Influence of salt freeze-thaw cycles on the damage and the following electrical and self-sensing performance of carbon nanofibers concrete

This paper aimed to study the damage of carbon nanofibers (CNFs) concrete during salt freeze-thaw cycles. The evolution of weigh, relative dynamic elasticity modulus and electrical resistance of the specimens were determined to evaluate the freeze-thaw damage. Moreover, the self-sensing performance of CNFs concrete under monotonic compressive loading, cyclic compressive loading and three-point flexural loading was studied. Water and 3.0% NaCl solution were selected as freeze-thaw mediums, while the freeze-thaw temperature cycles were conducted at -10 degrees C similar to 10 degrees C. Results indicated that the mass, the relative dynamic elasticity modulus decreased and the resistance increased with the increasing freeze-thaw cycles.
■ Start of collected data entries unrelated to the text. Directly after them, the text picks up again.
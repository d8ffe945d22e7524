//! The form of a report.
ghost use Rattle.std.specs.Prelude.{◌≡◌};
ghost use Rattle.question_words.specs.Questions.{form_of};

use command_words::Format;
use reports::Form;

/// Returns the form of a report that the words name.
pub fn form_of(format: Format) -> Form
    ensures { result ≡ form_of format }
{
    match format {
        Format::Lines => Form::Plain,
        Format::Csv => Form::Csv,
        Format::Json => Form::Json,
        Format::Table => Form::Table,
    }
}
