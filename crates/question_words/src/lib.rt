//! Which question the words of a report ask.
//!
//! [`wanted_of`] takes the words of a report as `command_words` has them, and returns what they
//! want: the [`Question`](reports::Question) that `reports` answers, or the comparison of a count
//! list, which the caller reads. A value that is not in its form is a [`ValueFault`] with its text.
//! [`day_if`] and [`number_if`] read the same values of other options, and [`form_of`] returns the
//! form of a report. [`desk::desk_question`] reads the words of a report that is typed at a desk.
//!
//! ```text
//! posted --from 17 --refused   Question::Posted: entries 17 and later, refused ones only
//! why 17                       Question::Why: entry 17 alone
//! history C17 --long           Question::LongHistory of C17
//! overdue --on May             ValueFault::Day: BadShape, May
//! ```
#![tactic(auto)]

pub mod desk;
mod fault;
mod form;
mod values;
mod wanted;

pub use fault::{ValueFault, WantedFault};
pub use form::form_of;
pub use values::{day_if, number_if};
pub use wanted::{Wanted, wanted_of};
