//! Finds *strangers*: rows that can't be read, and that no ledger could have.
ghost use Rattle.std.specs.Prelude.{◌≡◌, ◌<◌, true, length, map, IsTrue, IfOk, IfErr};
ghost use Rattle.std.specs.Bool.{Decides};
ghost use Rattle.std.specs.List.Sorted.{IsPermutation};
ghost use Rattle.sqlite.specs.Order.{column};
ghost use Rattle.sqlite.specs.declared.types.Value.TheVariants.{Int};
ghost use Rattle.register_store.specs.Registers.{is_failure};
ghost use Rattle.register_store.specs.StoredRows as stored;
ghost use Rattle.register_store.specs.StoredRows.{HasRows};
ghost use Rattle.register_sql.specs.Fits.{IsNoSpot, IsNoLine, IsNoTerm};
ghost use Rattle.register_sql.specs.Found.{AreFound};
ghost use Rattle.register_sql.specs.Strange.{IsNone, HasStranger, AreStrange, cells_of_spot};
ghost use Rattle.register_sql.specs.Strange.{cells_of_line, cells_of_term};

use crate::identity::{is_number, is_text};
use crate::row_values::{line_of, spot_of, term_of};
use codes_core::{Day, LoanCode};
use posting_core::{Ledger, LineStage, NewSpot};
use register_store::{LineKey, StoreFault, lines_of, spot_rows, terms_of};
use sqlite::Row;
use sqlite_value::value::ValueRef;
use std::alloc::Global;

/// Whether the cell is this day.
fn is_day(row: &Row, at: usize, day: Day) -> bool
    requires { at < length row.now }
    ensures { Decides result (column row.now at ≡ Int day) }
{
    match row.get_ref(at) {
        Ok(ValueRef::Int(found)) => found == i64::from(day.number()),
        _ => false,
    }
}

/// Whether the row is that of this spot.
fn is_spot(row: &Row, spot: &NewSpot) -> bool
    ensures { Decides result (row.now ≡ cells_of_spot spot.now) }
{
    row.column_count() == 5
        && is_number(row, 0, u64::from(spot.thing))
        && is_number(row, 1, u64::from(spot.k))
        && is_number(row, 2, u64::from(spot.spot.entry))
        && is_number(row, 3, u64::from(spot.spot.place))
        && is_day(row, 4, spot.spot.day)
}

/// Whether the row is that of this loan line.
fn is_line(row: &Row, line: &(LineKey, LineStage)) -> bool
    ensures { Decides result (row.now ≡ cells_of_line line.now) }
{
    row.column_count() == 3
        && is_text(row, 0, line.0.loan.as_str())
        && is_number(row, 1, u64::from(line.0.object))
        && is_number(row, 2, u64::from(line.1.number()))
}

/// Whether the row is that of this last day.
fn is_term(row: &Row, term: &(LoanCode, Day)) -> bool
    ensures { Decides result (row.now ≡ cells_of_term term.now) }
{
    row.column_count() == 2 && is_text(row, 0, term.0.as_str()) && is_day(row, 1, term.1)
}

/// Whether the row is that of none of these spots.
fn is_no_spot(row: &Row, wanted: &[NewSpot]) -> bool
    ensures { Decides result (IsNone cells_of_spot (length wanted.now) wanted.now row.now) }
{
    'wanted: for item in wanted {
        if is_spot(row, item) {
            return false;
        }
    }
    true
}

/// Whether the row is that of none of these loan lines.
fn is_no_line(row: &Row, wanted: &[(LineKey, LineStage)]) -> bool
    ensures { Decides result (IsNone cells_of_line (length wanted.now) wanted.now row.now) }
{
    'wanted: for item in wanted {
        if is_line(row, item) {
            return false;
        }
    }
    true
}

/// Whether the row is that of none of these last days.
fn is_no_term(row: &Row, wanted: &[(LoanCode, Day)]) -> bool
    ensures { Decides result (IsNone cells_of_term (length wanted.now) wanted.now row.now) }
{
    'wanted: for item in wanted {
        if is_term(row, item) {
            return false;
        }
    }
    true
}

/// Whether the row can't be read as a spot, and is none of the wanted spots.
fn is_strange_spot(row: &Row, wanted: &[NewSpot]) -> bool
    ensures { Decides result
        (IsNoSpot row.now × IsNone cells_of_spot (length wanted.now) wanted.now row.now) }
{
    match spot_of(row) {
        Some(_) => false,
        None => is_no_spot(row, wanted),
    }
}

/// Whether any row is a stranger among spots.
fn has_strange_spot(rows: &[Row], wanted: &[NewSpot]) -> bool
    ensures { Decides result (HasStranger IsNoSpot (map cells_of_spot wanted.now) rows.now) }
{
    'rows: for row in rows {
        if is_strange_spot(row, wanted) {
            return true;
        }
    }
    false
}

/// Whether the row can't be read as a loan line, and is none of the wanted ones.
fn is_strange_line(row: &Row, wanted: &[(LineKey, LineStage)]) -> bool
    ensures { Decides result
        (IsNoLine row.now × IsNone cells_of_line (length wanted.now) wanted.now row.now) }
{
    match line_of(row) {
        Some(_) => false,
        None => is_no_line(row, wanted),
    }
}

/// Whether any row is a stranger among loan lines.
fn has_strange_line(rows: &[Row], wanted: &[(LineKey, LineStage)]) -> bool
    ensures { Decides result (HasStranger IsNoLine (map cells_of_line wanted.now) rows.now) }
{
    'rows: for row in rows {
        if is_strange_line(row, wanted) {
            return true;
        }
    }
    false
}

/// Whether the row can't be read as a last day, and is none of the wanted ones.
fn is_strange_term(row: &Row, wanted: &[(LoanCode, Day)]) -> bool
    ensures { Decides result
        (IsNoTerm row.now × IsNone cells_of_term (length wanted.now) wanted.now row.now) }
{
    match term_of(row) {
        Some(_) => false,
        None => is_no_term(row, wanted),
    }
}

/// Whether any row is a stranger among last days.
fn has_strange_term(rows: &[Row], wanted: &[(LoanCode, Day)]) -> bool
    ensures { Decides result (HasStranger IsNoTerm (map cells_of_term wanted.now) rows.now) }
{
    'rows: for row in rows {
        if is_strange_term(row, wanted) {
            return true;
        }
    }
    false
}

/// Returns whether any of the store's rows is a stranger: then they aren't the rows of the ledger.
/// Fault: NoMemory; the contract allows Store, too.
pub(crate) fn are_strange(
    alloc: Global,
    spots: &[Row],
    lines: &[Row],
    terms: &[Row],
    ledger: &Ledger,
) -> Result<bool, StoreFault>
    ensures told { IfOk result (λ strange. Decides strange
        (AreStrange ledger.now.museum ledger.now.posted spots.now lines.now terms.now)) }
    ensures strange { IfOk result
        (λ strange. IsTrue strange → (c : stored.Content) → AreFound spots.now lines.now terms.now c
        → ¬ HasRows ledger.now.museum ledger.now.posted c) }
    ensures faults { IfErr result (λ fault. is_failure fault ≡ true) }
{
    let wanted_spots = spot_rows(alloc, ledger)?;
    if has_strange_spot(spots, &wanted_spots) {
        return Ok(true);
    }
    let wanted_lines = lines_of(alloc, ledger)?;
    if has_strange_line(lines, &wanted_lines) {
        return Ok(true);
    }
    let wanted_terms = terms_of(alloc, ledger)?;
    Ok(has_strange_term(terms, &wanted_terms))
}
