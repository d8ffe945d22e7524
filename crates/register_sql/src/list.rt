//! Reads the entries of a whole store, in the order of their numbers.
ghost use Rattle.std.specs.Prelude.{◌≡◌, ◌≢◌, true, map, reverse, All, ℕ, List, IfOk, IfErr};
ghost use Rattle.sqlite.specs.Held.{state};
ghost use Rattle.sqlite.specs.State.{HasCleanDisk};
ghost use Rattle.register_store.specs.Plain.{posting_row};
ghost use Rattle.register_store.specs.Registers.{is_of_listing, IsOfStation, IsWrongRow, IsWrongAt};
ghost use Rattle.register_store.specs.Registers.{IsListFault};
ghost use Rattle.register_store.specs.StoredRows as stored;
ghost use Rattle.register_store.specs.StoredRows.{IsPostingRow, ArePostings, HasList};
ghost use Rattle.register_sql.specs.Failing.{IsReading};
ghost use Rattle.register_sql.specs.Queries.{IsPart};
ghost use Rattle.register_sql.specs.Rows.{AreRows};
ghost use Rattle.register_sql.specs.Shown.{posting_shown, FitsPosting};

use crate::queries::{Query, read};
use posting_core::Entry;
use register_store::{KeptPosting, StoreFault, entry_of};
use sqlite::{Alter, Connection, Error, ErrorCode, Row};
use std::alloc::Global;

/// Reads a row of `posting`. Fails if a number doesn't fit an entry, if the body isn't text, or for
/// lack of memory.
fn typed(row: &Row) -> Result<KeptPosting, Error>
    ensures read { IfOk result (λ kept. posting_shown (posting_row kept) ≡ row.now) }
    ensures unreadable { IfErr result (λ e. e ≢ Error.SqliteFailure ErrorCode.OutOfMemory
        → (p : stored.PostingRow) → posting_shown p ≡ row.now → ¬ FitsPosting p) }
{
    if row.column_count() != 5 {
        return Err(Error::InvalidQuery);
    }
    Ok(KeptPosting {
        id: row.get(0)?,
        station: row.get(1)?,
        n: row.get(2)?,
        body: row.get(3)?,
        verdict: row.get(4)?,
    })
}

/// The fault of row `number`, which could not be read: NoMemory or Damaged.
fn unread(error: Error, number: u64) -> StoreFault
    ensures memory { error ≡ Error.SqliteFailure ErrorCode.OutOfMemory
        → result ≡ StoreFault.NoMemory }
    ensures damaged { error ≢ Error.SqliteFailure ErrorCode.OutOfMemory
        → result ≡ StoreFault.Damaged number }
{
    match error {
        Error::SqliteFailure(ErrorCode::OutOfMemory) => StoreFault::NoMemory,
        _ => StoreFault::Damaged(number),
    }
}

/// Returns the entry in row `number`, counted from 1. Faults: Damaged(number) if the row is that of
/// no entry of these stations; NoMemory.
pub(crate) fn entry_in(
    alloc: Global,
    row: &Row,
    number: u64,
    stations: u32,
) -> Result<Entry, StoreFault>
    ensures kept { IfOk result
        (λ entry. (p : stored.PostingRow) → posting_shown p ≡ row.now
        → IsPostingRow number entry p) }
    ensures stationed { IfOk result (IsOfStation stations) }
    ensures damaged { IfErr result
        (λ fault. fault ≢ StoreFault.NoMemory → fault ≡ StoreFault.Damaged number) }
    ensures wrong { IfErr result (λ fault. fault ≢ StoreFault.NoMemory
        → (p : stored.PostingRow) → posting_shown p ≡ row.now → IsWrongRow stations number p) }
{
    let kept = match typed(row) {
        Ok(kept) => kept,
        Err(e) => return Err(unread(e, number)),
    };
    entry_of(alloc, &kept, number, stations)
}

/// Returns the entries in the rows, oldest first. Faults: Damaged with the number of the first row
/// that is no entry of these stations; NoMemory.
fn entries_of(alloc: Global, rows: &[Row], stations: u32) -> Result<Vec<Entry>, StoreFault>
    ensures kept { IfOk result
        (λ entries. (ps : List stored.PostingRow) → map posting_shown ps ≡ rows.now
        → ArePostings (reverse entries.items) (reverse ps)) }
    ensures stationed { IfOk result (λ entries. All (IsOfStation stations) entries.items) }
    ensures faults { IfErr result
        (λ fault. fault ≢ StoreFault.NoMemory → (at : ℕ) × (fault ≡ StoreFault.Damaged at)
        × ((ps : List stored.PostingRow) → map posting_shown ps ≡ rows.now
        → IsWrongAt stations at ps)) }
{
    let mut entries = Vec::new(alloc);
    'rows: for i in 0..rows.len() {
        match entry_in(alloc, &rows[i], i as u64 + 1, stations) {
            Ok(entry) => entries.push(entry)?,
            Err(fault) => return Err(fault),
        }
    }
    Ok(entries)
}

/// Returns the entries of a whole store, oldest first. The inner fault is Damaged with the number
/// of the first wrong row, or NoMemory. The outer error is that of a failed statement. The store
/// stays as it was.
pub(crate) fn list<S: Alter>(
    alloc: Global,
    conn: &mut Connection<S>,
    stations: u32,
) -> Result<Result<Vec<Entry>, StoreFault>, Error>
    requires part { HasCleanDisk (state S.Store conn.old) → IsPart 6 (state S.Store conn.old) }
    ensures listed { HasCleanDisk (state S.Store conn.new)
        → IfOk result (λ answer. IfOk answer (λ entries.
        (c : stored.Content) → AreRows (state S.Store conn.old).now.trees c
        → HasList (reverse entries.items) c)) }
    ensures stationed { IfOk result
        (λ answer. IfOk answer (λ entries. All (IsOfStation stations) entries.items)) }
    ensures faults { IfOk result (λ answer. IfErr answer (λ fault. is_of_listing fault ≡ true)) }
    ensures not_store { IfOk result (λ answer. IfErr answer (λ fault. fault ≢ StoreFault.Store)) }
    ensures cause { HasCleanDisk (state S.Store conn.new)
        → IfOk result (λ answer. IfErr answer (λ fault.
        (c : stored.Content) → AreRows (state S.Store conn.old).now.trees c
        → IsListFault stations c fault)) }
    ensures reading { IsReading (state S.Store conn.old) (state S.Store conn.new) result }
{
    let rows = read(conn, Query::Postings, 6)?;
    let answer = entries_of(alloc, &rows, stations);
    Ok(answer)
}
The dried specimens exhibited the best piezoresistive performance. Additionally, the sensitivity and linearity of piezoresistivity deteriorated after 300 freeze-thaw cycles (The deterioration of piezoresistivity after 300 salt freeze-thaw cycles was more obvious). The resistance of all specimens (except the specimens after 300 freeze-thaw cycles in NaCl solution) increased during the flexural loading. The water-saturated specimens showed the highest flexural self-sensing sensibility while the drying specimens presented the lowest flexural self-sensing sensibility. However, the resistance of NaCl freeze-thaw specimens decreased firstly before destruction during three-point flexural loading. When the concrete was destroyed, the resistance of all groups increased to a maximum value rapidly. As a result, CNFs concrete can be a kind of self-sensing material.